例えば、番組放送中にプレゼント応募などで視聴者が個人情報を入力する機会があった場合、見ている放送局が本物かどうかを確認する必要がある。「プロバイダー認証」では、正しい放送局であることを証明するためにデジタル署名を利用。放送局が署名生成の際に署名鍵に有効期限を設けることで、古い鍵が漏えいしても、それを使ったなりすましを防止できる。
また、コンテンツの不正コピー防止技術「不正利用者追跡暗号」を紹介。これは、暗号化コンテンツを復号するための復号鍵を用いたもので、視聴者ごとに異なる鍵を生成することにより、鍵が複製された場合に不正利用者を特定できる仕組みだ。デモ機では、USBメモリに復号鍵を保存し、PCに接続した場合に本人確認を行えた。加えて、鍵を持ち歩き、万が一落とした場合に備え、復号鍵に有効期限も設定できる。

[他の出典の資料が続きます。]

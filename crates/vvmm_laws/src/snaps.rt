ghost use Rattle.vvmm_call.specs.Answer.{FollowsExtend, FollowsResume};
ghost use Rattle.sys_runs.specs.Besides.{MissesArePaid};
ghost use Rattle.vvmm_laws.specs.Snaps.{CompletesExtend, CompletesResume, CompletesSave, TellsExtendSize, TellsMany, TellsResumeDriveFault, TellsResumeLine, TellsResumeLineFault, TellsResumeMissing, TellsResumeSize, TellsResumeTooLong, TellsSaveImage, TellsSaveLine, TellsSaveLineFault, TellsSaveMissing, TellsSaveRule, TellsSaveSize, TellsSaveTooLong, TellsSnap, TellsSnapSize};
ghost use Rattle.vvmm_laws.specs.Together.{PartsMakeOne, SavesMakeOne};

/// `save`, any number of `extend`, each of what the one before it showed, and `resume` of the last, with the same script and all
/// answered by `Done`, are the run of all their rounds. What each line gets in them, one after another, is what the run gives it,
/// and each volume's drive ends with its last blocks. Without the `resume` they are `save` of all rounds, byte for byte.
pub fn parts_of_a_run_are_one_run()
    ensures run { PartsMakeOne }
    ensures save { SavesMakeOne }
{}

/// Held files that stand for a configuration, a script and images that fit, a snapshot that isn't too large, drives that fit, and
/// no risen count, give `Done` of `save`, or `NoMemory` before anything is shown.
pub fn save_is_complete()
    ensures { CompletesSave }
{}

/// Over a shelf that did not fail, the first file of `save` that it lacks gives `Missing`, or `NoMemory`.
pub fn the_first_missing_file_to_save_is_told()
    ensures { TellsSaveMissing }
{}

/// Over a shelf that did not fail, the first file of `save` that is too long gives `TooLong`, or `NoMemory`.
pub fn the_first_too_long_file_to_save_is_told()
    ensures { TellsSaveTooLong }
{}

/// A configuration that breaks a rule gives `Config` of `save`, or `NoMemory`.
pub fn a_refused_configuration_to_save_is_told()
    ensures { TellsSaveRule }
{}

/// A script of which a line is refused gives `Script` of `save`, or `NoMemory`, where the configuration is accepted.
pub fn a_refused_script_to_save_is_told()
    ensures { TellsSaveLine }
{}

/// Where configuration and script are accepted, a snapshot that would be too large gives `SnapSize` of `save`, or `NoMemory`,
/// whichever images the shelf holds. So does one of `extend` that would have more than 1,000,000 rounds.
pub fn a_too_large_snapshot_is_told()
    ensures save { TellsSnapSize }
    ensures extend { TellsMany }
{}

/// Over a shelf that did not fail, the first image of `save` that doesn't fit its guest's memory gives `Image`, or `NoMemory`.
pub fn the_first_image_to_save_that_does_not_fit_is_told()
    ensures { TellsSaveImage }
{}

/// Where images fit and no count rose, the first volume of `save` whose drive has another number of blocks gives `VolumeSize`, or
/// `NoMemory`.
pub fn the_first_volume_to_save_of_another_size_is_told()
    ensures { TellsSaveSize }
{}

/// Where a line's count is greater after `save`, the answer names it or one of a lower number.
pub fn a_save_names_a_failed_line()
    ensures { TellsSaveLineFault }
{}

/// Held files that stand for a snapshot and a script, drives that fit its volumes, and no risen count, give `Done` of `resume`, or
/// `NoMemory` before anything is shown.
pub fn resume_is_complete()
    ensures { CompletesResume }
{}

/// Held files that stand for a snapshot and a script, as many rounds as a snapshot can have, drives that fit its volumes, and no
/// risen count, give `Done` of `extend`, or `NoMemory` before anything is shown.
pub fn extend_is_complete()
    ensures { CompletesExtend }
{}

/// Over a shelf that did not fail, the first file of `resume` or `extend` that it lacks gives `Missing`, or `NoMemory`.
pub fn the_first_missing_file_to_resume_is_told()
    ensures resume { TellsResumeMissing (FollowsResume MissesArePaid) }
    ensures extend { TellsResumeMissing (FollowsExtend MissesArePaid) }
{}

/// Over a shelf that did not fail, the first file of `resume` or `extend` that is too long gives `TooLong`, or `NoMemory`.
pub fn the_first_too_long_file_to_resume_is_told()
    ensures resume { TellsResumeTooLong (FollowsResume MissesArePaid) }
    ensures extend { TellsResumeTooLong (FollowsExtend MissesArePaid) }
{}

/// Bytes that are no snapshot give `Snap` of the place where the first field begins that is cut or not allowed, or `NoMemory`.
pub fn a_refused_snapshot_is_told()
    ensures resume { TellsSnap (FollowsResume MissesArePaid) }
    ensures extend { TellsSnap (FollowsExtend MissesArePaid) }
{}

/// A script of which a line is refused gives `Script` of `resume` and `extend`, or `NoMemory`, where the snapshot is accepted.
pub fn a_refused_script_to_resume_is_told()
    ensures resume { TellsResumeLine (FollowsResume MissesArePaid) }
    ensures extend { TellsResumeLine (FollowsExtend MissesArePaid) }
{}

/// The first volume of a snapshot whose drive has another number of blocks gives `VolumeSize` of `resume`, or `NoMemory`; and of
/// `extend`, where a snapshot can have as many rounds as there would be.
pub fn the_first_volume_to_resume_of_another_size_is_told()
    ensures resume { TellsResumeSize }
    ensures extend { TellsExtendSize }
{}

/// Where a line's count is greater after `resume` or `extend`, the answer names it or one of a lower number.
pub fn a_resume_names_a_failed_line()
    ensures resume { TellsResumeLineFault (FollowsResume MissesArePaid) }
    ensures extend { TellsResumeLineFault (FollowsExtend MissesArePaid) }
{}

/// Where a drive's count is greater after `resume`, the answer names a line, or it or a drive of a lower number.
pub fn a_resume_names_a_failed_drive()
    ensures { TellsResumeDriveFault }
{}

このほか、「放送をもっと身近に、未来の技術」ゾーンで展示していた「CurioView」の要素技術を「映像・音声・言語解析によるコンテンツ活用技術」にて紹介している。併せて、PCで視聴中の番組に関連したコンテンツを推薦する「WebブラウザーCurioView」のデモ機を設置。“TV版CurioView”に比べ、PCによる高度なコンテンツ検索・表示が可能となり、推薦番組数が拡大するほか、スポーツ番組ではシーン別の推薦も実現できる。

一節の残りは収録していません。